Copy every line of the data that includes the string "leave".

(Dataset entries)
+++

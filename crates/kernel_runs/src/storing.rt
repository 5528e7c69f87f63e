//! Clauses that come to a store and leave it.
//!
//! They leave in another order than they came, so that each stands in the middle of the list of the literal that all share, and not at its
//! end. There are two orders. One walks through memory, twice, and shows the steps of the calls. The other one jumps, so that each access
//! is far from the one before: it shows what the caches make of it, which hold the less the more clauses there are.
ghost use Rattle.std.specs.Prelude.{◌<◌};

use crate::clauses::clause_of;
use crate::request::Report;
use clause_store::store::Store;
use clause_store::stored::Keep;
use normal_form::forms::is_normal;
use sat_model::lists::ClauseId;
use sat_model::memory::Memory;
use std::alloc::Global;

// How far a jump goes: a prime number, so that each clause comes once where it does not divide their number.
const JUMP: usize = 7919;

// Which of so many clauses goes at a turn. Without jumps those at odd places, from the oldest to the newest, and then the others, from the
// newest to the oldest.
fn place_at(turn: usize, count: usize, jumps: bool) -> usize
    requires { turn < count }
    ensures { result < count }
{
    if jumps {
        turn.wrapping_mul(JUMP) % count
    } else if turn < count / 2 {
        2 * turn + 1
    } else {
        2 * (count - 1 - turn)
    }
}

// Adds the clause of a number to the firm ones, if it is normal.
fn add_one(store: &mut Store, number: u32) -> Result<Option<ClauseId>, Memory> {
    let Some(lits) = clause_of(number, true) else {
        return Ok(None);
    };
    if !is_normal(&lits) {
        return Ok(None);
    }
    let id = store.add(&lits, Keep::Firm, 0)?;
    Ok(Some(id))
}

// Adds so many clauses, and gives their ids.
fn add_each(alloc: Global, store: &mut Store, count: u32) -> Result<Vec<ClauseId>, Memory> {
    let mut ids = Vec::new(alloc);
    for number in 0..count {
        if let Some(id) = add_one(store, number)? {
            ids.push(id)?;
        }
    }
    Ok(ids)
}

// Removes the clauses of these ids that are there, in another order, and gives their number.
fn remove_each(store: &mut Store, ids: &[ClauseId], jumps: bool) -> u64 {
    let mut gone = 0u64;
    for turn in 0..ids.len() {
        let id = ids[place_at(turn, ids.len(), jumps)];
        if store.is_live(id) {
            store.remove(id);
            gone = gone.saturating_add(1);
        }
    }
    gone
}

// Adds so many clauses to a store, and removes them.
pub(crate) fn add_and_remove(alloc: Global, count: u32, jumps: bool) -> Result<Report, Memory> {
    let mut store = Store::new(alloc);
    let ids = add_each(alloc, &mut store, count)?;
    let went = remove_each(&mut store, ids.as_slice(), jumps);
    Ok(Report {
        came: ids.len(),
        went,
        came_back: 0,
        stored: store.firm_ids().len(),
        parked: 0,
    })
}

+++

ANSWER SPACE:
//! Clauses that come to a store and leave it.
//! They leave in another order than they came, so that each stands in the middle of the list of the literal that all share, and not at its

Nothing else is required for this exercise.